How to complete this task:
Reply only with how many lines below contain "asserted".

Given records:
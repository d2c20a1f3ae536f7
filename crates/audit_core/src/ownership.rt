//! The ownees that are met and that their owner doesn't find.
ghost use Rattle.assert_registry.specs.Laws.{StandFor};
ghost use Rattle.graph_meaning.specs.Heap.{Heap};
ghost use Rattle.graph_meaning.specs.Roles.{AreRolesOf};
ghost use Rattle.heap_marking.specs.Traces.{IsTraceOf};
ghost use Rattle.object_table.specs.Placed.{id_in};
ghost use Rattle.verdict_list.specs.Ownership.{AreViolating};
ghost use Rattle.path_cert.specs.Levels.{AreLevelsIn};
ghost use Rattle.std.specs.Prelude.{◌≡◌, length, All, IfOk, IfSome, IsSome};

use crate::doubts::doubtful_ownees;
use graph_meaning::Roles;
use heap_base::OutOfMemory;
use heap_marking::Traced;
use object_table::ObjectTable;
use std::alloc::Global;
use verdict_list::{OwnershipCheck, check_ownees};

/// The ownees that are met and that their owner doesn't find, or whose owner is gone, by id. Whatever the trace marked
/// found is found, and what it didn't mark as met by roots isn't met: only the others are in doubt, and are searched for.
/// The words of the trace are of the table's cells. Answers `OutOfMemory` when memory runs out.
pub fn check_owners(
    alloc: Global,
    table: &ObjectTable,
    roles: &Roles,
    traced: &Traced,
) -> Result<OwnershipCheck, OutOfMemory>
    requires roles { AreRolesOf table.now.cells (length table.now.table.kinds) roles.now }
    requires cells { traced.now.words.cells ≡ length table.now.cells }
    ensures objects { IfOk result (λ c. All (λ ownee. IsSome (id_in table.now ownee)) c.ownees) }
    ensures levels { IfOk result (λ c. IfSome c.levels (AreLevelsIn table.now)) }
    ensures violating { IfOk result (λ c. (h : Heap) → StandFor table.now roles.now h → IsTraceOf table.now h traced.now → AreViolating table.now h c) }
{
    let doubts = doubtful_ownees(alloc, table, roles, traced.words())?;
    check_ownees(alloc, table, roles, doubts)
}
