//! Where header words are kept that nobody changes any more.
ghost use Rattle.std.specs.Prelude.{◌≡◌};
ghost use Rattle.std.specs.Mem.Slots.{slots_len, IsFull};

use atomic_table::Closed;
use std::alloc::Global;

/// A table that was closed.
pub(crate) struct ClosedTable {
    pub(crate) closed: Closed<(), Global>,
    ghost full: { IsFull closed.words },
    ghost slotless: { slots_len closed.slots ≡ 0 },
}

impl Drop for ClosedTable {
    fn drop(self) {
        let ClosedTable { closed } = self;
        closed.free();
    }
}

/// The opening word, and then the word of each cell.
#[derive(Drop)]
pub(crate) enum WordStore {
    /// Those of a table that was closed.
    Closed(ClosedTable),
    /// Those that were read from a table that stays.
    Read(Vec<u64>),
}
--
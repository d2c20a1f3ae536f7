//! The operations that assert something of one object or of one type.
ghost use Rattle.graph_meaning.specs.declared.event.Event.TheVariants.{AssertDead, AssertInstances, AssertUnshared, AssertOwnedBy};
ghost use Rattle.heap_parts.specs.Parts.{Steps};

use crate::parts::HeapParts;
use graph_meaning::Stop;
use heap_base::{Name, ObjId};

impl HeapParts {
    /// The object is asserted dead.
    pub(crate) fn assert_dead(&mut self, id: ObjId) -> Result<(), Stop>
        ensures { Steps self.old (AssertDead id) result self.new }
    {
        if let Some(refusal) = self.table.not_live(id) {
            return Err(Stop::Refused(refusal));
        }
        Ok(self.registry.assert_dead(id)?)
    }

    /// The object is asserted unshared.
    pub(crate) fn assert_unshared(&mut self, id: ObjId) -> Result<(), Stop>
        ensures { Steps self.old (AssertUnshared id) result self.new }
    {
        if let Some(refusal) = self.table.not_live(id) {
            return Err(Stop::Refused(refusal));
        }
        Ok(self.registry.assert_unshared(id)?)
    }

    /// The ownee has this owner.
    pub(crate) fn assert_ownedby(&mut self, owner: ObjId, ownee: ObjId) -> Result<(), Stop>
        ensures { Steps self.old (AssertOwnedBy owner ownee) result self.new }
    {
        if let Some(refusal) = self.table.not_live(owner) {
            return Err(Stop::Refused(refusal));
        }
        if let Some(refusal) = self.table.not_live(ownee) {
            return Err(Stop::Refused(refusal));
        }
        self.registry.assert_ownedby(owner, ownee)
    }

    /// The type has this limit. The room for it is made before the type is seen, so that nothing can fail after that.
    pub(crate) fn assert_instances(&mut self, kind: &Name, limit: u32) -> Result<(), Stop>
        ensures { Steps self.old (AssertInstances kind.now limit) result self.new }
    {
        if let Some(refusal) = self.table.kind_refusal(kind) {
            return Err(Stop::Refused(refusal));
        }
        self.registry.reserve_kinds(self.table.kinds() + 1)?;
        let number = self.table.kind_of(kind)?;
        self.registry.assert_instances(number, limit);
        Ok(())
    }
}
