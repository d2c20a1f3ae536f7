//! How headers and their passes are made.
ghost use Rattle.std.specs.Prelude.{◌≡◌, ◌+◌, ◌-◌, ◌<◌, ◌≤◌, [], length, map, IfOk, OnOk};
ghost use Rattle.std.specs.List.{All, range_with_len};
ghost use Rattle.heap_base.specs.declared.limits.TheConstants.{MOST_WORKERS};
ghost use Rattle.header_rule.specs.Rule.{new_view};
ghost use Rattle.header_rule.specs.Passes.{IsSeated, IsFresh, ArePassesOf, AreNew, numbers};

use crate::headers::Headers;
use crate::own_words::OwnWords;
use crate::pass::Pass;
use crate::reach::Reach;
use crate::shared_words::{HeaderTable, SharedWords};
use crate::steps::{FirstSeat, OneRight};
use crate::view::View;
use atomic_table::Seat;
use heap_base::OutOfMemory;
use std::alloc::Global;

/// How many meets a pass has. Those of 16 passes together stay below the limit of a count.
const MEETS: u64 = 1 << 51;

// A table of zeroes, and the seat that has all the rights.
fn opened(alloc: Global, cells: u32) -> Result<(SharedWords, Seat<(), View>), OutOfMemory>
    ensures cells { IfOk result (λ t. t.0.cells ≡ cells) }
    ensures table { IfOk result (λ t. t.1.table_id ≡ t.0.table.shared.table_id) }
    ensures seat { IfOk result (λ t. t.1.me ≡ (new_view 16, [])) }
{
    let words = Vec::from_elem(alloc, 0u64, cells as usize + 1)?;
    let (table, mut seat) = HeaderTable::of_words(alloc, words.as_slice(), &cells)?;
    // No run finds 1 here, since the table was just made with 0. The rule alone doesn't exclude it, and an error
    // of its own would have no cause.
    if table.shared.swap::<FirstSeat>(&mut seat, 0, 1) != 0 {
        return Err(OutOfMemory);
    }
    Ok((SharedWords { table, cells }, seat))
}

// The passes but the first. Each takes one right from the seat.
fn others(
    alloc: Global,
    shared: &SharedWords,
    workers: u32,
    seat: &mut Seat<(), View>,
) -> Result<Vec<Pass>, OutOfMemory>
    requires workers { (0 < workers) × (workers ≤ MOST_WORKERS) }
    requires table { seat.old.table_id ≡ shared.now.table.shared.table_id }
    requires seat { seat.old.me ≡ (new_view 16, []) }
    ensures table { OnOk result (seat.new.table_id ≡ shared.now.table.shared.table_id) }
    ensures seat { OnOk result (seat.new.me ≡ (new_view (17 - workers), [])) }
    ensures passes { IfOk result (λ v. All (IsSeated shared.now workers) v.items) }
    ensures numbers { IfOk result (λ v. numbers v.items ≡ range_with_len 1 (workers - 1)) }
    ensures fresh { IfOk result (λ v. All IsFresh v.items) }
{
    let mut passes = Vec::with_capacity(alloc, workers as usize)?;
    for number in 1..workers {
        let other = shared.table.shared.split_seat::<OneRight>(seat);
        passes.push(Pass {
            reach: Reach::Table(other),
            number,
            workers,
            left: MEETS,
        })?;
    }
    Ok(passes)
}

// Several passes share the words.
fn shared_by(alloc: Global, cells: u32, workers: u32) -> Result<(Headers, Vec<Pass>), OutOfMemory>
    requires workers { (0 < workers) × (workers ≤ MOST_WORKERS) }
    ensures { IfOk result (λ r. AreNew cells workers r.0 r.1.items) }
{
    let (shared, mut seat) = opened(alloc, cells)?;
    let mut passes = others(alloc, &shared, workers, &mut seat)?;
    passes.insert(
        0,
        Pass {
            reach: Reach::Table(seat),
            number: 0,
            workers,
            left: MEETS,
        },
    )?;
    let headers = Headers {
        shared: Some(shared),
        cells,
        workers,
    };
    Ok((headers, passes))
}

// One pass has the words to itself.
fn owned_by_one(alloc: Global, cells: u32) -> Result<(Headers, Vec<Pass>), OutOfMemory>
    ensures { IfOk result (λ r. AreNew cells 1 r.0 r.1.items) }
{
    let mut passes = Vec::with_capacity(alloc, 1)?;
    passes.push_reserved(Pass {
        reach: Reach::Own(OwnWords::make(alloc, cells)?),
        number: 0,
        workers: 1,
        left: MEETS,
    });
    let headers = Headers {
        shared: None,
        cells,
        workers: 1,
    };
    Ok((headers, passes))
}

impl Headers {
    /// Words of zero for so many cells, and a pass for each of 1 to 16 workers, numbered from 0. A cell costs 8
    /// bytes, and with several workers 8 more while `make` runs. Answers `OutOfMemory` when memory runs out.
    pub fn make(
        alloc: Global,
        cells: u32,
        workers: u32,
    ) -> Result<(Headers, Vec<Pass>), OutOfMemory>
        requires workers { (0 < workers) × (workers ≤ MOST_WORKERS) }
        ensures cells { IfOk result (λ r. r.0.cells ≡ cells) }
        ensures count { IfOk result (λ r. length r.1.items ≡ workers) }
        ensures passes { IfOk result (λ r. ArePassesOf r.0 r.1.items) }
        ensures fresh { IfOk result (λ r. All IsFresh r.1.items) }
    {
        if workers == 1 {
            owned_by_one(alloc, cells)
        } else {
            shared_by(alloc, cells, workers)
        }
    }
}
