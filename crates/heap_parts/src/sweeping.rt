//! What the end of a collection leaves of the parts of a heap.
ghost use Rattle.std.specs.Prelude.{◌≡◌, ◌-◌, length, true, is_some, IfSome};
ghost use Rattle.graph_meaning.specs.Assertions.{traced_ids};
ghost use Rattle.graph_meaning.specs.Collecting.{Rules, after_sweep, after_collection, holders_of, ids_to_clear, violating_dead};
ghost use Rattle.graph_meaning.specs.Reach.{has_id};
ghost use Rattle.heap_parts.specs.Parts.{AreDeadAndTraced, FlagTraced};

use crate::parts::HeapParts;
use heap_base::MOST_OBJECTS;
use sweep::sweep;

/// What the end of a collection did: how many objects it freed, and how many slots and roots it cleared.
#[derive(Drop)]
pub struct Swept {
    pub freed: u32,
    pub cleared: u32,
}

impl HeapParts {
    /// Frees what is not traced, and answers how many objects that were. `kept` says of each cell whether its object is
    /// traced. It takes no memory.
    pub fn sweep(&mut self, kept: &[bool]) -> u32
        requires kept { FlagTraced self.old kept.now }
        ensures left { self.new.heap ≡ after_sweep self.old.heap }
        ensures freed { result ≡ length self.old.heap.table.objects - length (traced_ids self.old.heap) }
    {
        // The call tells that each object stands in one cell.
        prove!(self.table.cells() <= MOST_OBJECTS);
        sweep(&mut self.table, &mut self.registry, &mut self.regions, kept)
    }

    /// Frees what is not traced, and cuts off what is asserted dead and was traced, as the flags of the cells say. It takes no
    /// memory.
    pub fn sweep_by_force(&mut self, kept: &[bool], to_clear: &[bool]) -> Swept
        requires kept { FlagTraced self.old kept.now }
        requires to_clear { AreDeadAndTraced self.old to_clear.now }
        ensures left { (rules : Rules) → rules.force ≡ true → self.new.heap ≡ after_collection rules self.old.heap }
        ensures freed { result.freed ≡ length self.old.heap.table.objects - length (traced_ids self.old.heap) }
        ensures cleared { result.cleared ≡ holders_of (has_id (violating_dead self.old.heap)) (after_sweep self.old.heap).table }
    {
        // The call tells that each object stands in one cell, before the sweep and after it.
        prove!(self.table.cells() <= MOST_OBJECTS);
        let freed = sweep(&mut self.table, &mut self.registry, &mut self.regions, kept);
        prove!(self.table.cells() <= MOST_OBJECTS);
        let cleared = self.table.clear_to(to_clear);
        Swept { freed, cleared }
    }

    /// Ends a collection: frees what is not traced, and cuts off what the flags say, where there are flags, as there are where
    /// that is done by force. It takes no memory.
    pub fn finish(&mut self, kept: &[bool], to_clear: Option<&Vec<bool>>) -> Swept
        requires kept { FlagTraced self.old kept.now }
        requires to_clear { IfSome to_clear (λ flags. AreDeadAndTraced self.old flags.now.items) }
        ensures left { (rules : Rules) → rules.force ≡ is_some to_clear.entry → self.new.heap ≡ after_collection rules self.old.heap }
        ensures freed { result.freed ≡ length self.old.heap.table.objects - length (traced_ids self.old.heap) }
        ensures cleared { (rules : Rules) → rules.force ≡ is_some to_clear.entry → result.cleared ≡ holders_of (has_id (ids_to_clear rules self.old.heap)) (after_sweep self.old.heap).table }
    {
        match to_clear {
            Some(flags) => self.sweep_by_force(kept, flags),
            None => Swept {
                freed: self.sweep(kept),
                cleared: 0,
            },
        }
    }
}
---
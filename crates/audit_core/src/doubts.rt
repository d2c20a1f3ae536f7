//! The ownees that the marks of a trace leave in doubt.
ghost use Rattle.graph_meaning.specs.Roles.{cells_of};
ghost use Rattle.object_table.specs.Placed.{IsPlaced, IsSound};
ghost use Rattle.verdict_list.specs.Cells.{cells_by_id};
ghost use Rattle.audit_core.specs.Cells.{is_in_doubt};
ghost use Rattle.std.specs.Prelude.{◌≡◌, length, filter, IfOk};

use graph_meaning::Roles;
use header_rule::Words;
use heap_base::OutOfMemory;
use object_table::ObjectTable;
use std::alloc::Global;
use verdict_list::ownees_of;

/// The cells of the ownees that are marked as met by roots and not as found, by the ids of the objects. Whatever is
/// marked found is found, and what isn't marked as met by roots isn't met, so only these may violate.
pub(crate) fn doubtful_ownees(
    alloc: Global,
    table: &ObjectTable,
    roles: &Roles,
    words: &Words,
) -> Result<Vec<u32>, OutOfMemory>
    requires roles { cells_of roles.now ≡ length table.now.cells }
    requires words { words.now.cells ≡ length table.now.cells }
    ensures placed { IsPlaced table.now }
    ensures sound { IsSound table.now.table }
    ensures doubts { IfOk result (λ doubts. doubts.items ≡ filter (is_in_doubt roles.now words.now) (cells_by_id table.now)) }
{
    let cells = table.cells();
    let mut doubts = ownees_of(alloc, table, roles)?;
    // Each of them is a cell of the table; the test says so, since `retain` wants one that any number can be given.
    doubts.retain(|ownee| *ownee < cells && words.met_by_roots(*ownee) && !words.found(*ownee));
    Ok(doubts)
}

Solution:
3